Tahmin ediyorum ki devletimizi yönetenler bir “gündem” birimi kurmuşlar.
Birimin görevi sürekli iktidarın başarısız olduğu konuların dışındaki alakasız ama toplumda marjinal karşılıkları olan konuları belirlemek ve iktidarın zor zamanlarında bu alakasız konularla toplumun meşgul edilmesini sağlamak.
Ayasofya müzesinin camiye çevrilmesi, baroların yönetim kurullarının nasıl seçileceği, Lut kavminin nasıl yıkıldığı, kürtajın dinen caizliği, 1935 yılındaki devletin antropolojik çalışma raporları vs…

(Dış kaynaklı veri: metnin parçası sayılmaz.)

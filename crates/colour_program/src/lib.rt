//! The colouring as a program of nodes: `Colouring` implements the trait of `node_api` by the rounds of `colour_rules`,
//! and has the texts of these rounds. `plan_answers` and `plan_runs` print the last colours of its nodes as channels.
//!
//! Every engine for programs of nodes can run it, for example `run_rounds` of `sync_rounds`. `laws` of `colour_laws`
//! proves that its nodes end with the colours of the network: they differ on every edge, each is 0 to the span, and
//! none is barred at its node. A refusal names one of the `rules` of `colour_rules`.
//!
//! ```text
//! for node in &run_rounds::<Colouring>(alloc, &net)? {
//!     colours.push(node.colour())?;
//! }
//! ```
//!
//! Its texts, for `round_texts` and `event_texts`: `rounds 1 N DELTA U R`, or `rounds 2 N DELTA BARS U R` if a vertex
//! has a bar; the words of a phase; a node's colours or its choice after a pulse; and its channel at the end.
//!
//! Limits: those of `colour_rules`.
#![tactic(auto)]

mod colouring;
mod colours_text;

pub use colouring::Colouring;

Bu naylon gündemlerden sadece birkaçı bunlar.
Yaşam şeklimizde akşamları prime - time zamanda televizyon izlemek en çok yaptığımız evde vakit geçirme şeklimiz.
Bu saatler arasında izlenebilecek tüm TV kanallarında konu Ayasofya olunca otomatikman ülkenin gündemi de Ayasofya oluyor.
Tam ülkeyi yöneten iktidarın toplumun esas sorunlarının tartışılmasını başka alakasız konulara kaydırılması ve esas gündemlerin konuşulmamasını sağlayan bir iklim ortamında esas sorunumuzun Ayasofya veya baroların seçimleri olduğunu düşünmeye başlıyoruz.
Bu bir iktidar oyunu
Karlı olan yönetenler zararlı olan ise onların zoka ( balığı avlamak için kullanılan yalancı yem) larını yiyen yönetilenlerdir.
Toplumun eğitim ve kültür seviyesi ne kadar yüksek olursa toplumsal duyarlılığı da o oranda artacak ve itiraz etmeye başlayacaktır.
Günümüzün ileri demokrasi toplumlarında yaşayan toplumlarında böyle sahte gündemler pek olmaz.
Mesela Japonya’da veya İsviçre’de bu tip aldatıcı gündemlere pek rastlanmaz çünkü toplumda bir karşılığı olmaz.
Bu gün Ayasofya’yı konuşacağımıza Akdeniz’de Mavi Vatanı, Kıbrıs’ta ki Maraş’ın açılmasını, işgal edilen Ege adalarımızı, Türk devletleri ile organize edilecek Turan Kupasını, Yeni Dünya Düzenini, Kripto para sistemlerini, Turizmimizi, Tarımımızı, Sanayimizi, Esnafımızı, S400’leri konuşabilmeliyiz.
Sultan Fatih İstanbul’u almak için kapısına dayandığında Ayasofya’da “meleklerin cinsiyeti” tartışılıyordu.
Herhalde o tartışmayı Bizans İmparatoru Bizans gündemine getirmişti.